But the word for boredom shares the same root as ملول ; it is مَلَل malal (m-l-l).
To say I'm bored, we say *ash3uru bi'l-malal(i) *أشعر بالملل and it's common between male and female.


----------



## panjabigator

They are all correct to me linguist


----------



## Cereth

in Spanish you can say :
Female: Estoy aburrida
Male: estoy aburrido


----------



## jester.

¿Alguien me puede decir cuál de las versiones siguientes es la mejor? ¿"Estoy aburrido" o "Me aburro"?


----------



## Jana337

Czech: Nudím se.

I am a bit surprised that _you _need such a sentence. 

Jana


----------



## skatoulitsa

Greek: Βαριέμαι (pronounced "varyéme")

more formally: Πλήττω (pronounced "plíto")


----------



## Fernita

*Estoy aburrido.* At least in Argentina.


----------



## übermönch

Russian
Мне скучно=Mir ist langweilig="To me is boring"
Mn'e skoochno (pronounced as "skooshna" [only in Moscow?])

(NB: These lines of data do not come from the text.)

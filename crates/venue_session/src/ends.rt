//! How a session ends.

/// How a session ended.
#[derive(Clone, Copy, Debug, PartialEq, Eq)]
pub enum End {
    /// The input ended with no byte left over, or a message behind which no other may follow was answered.
    Done,
    /// The input ended with so many bytes of an unfinished message.
    Cut(u64),
    /// A head was refused with this status, and that was written.
    Refused(u16),
    /// So many bytes were taken that the session ends by itself.
    Worn,
    /// The connection failed. What was written is a front of the replies.
    LinkFault,
    /// There wasn't enough memory to go on.
    OutOfMemory,
}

Скучаю=I'm bored, but can also mean "I miss [someone]"
Skoochayoo

In yiddish people just say "nudne", "נודנע". "Nudne lebn/arbetn" would be "my life/work is boring".


----------



## elroy

j3st3r said:
			
		

> ¿Alguien me puede decir cuál de las versiones siguientes es la mejor? ¿"Estoy aburrido" o "Me aburro"?


 Ganz bestimmt "estoy aburrido".

"Me aburro" bezieht sich auf eine Gewohnheit oder eine Tendenz.

_Me aburro cuando veo esta película._
_Estoy aburrido porque estoy viendo esta película._ 

Denselben Fehler hat übrigens auch Linguist bei der arabischen Übersetzung gemacht.  Die richtige Version ist die von Cherine angegebene أشعر بالملل.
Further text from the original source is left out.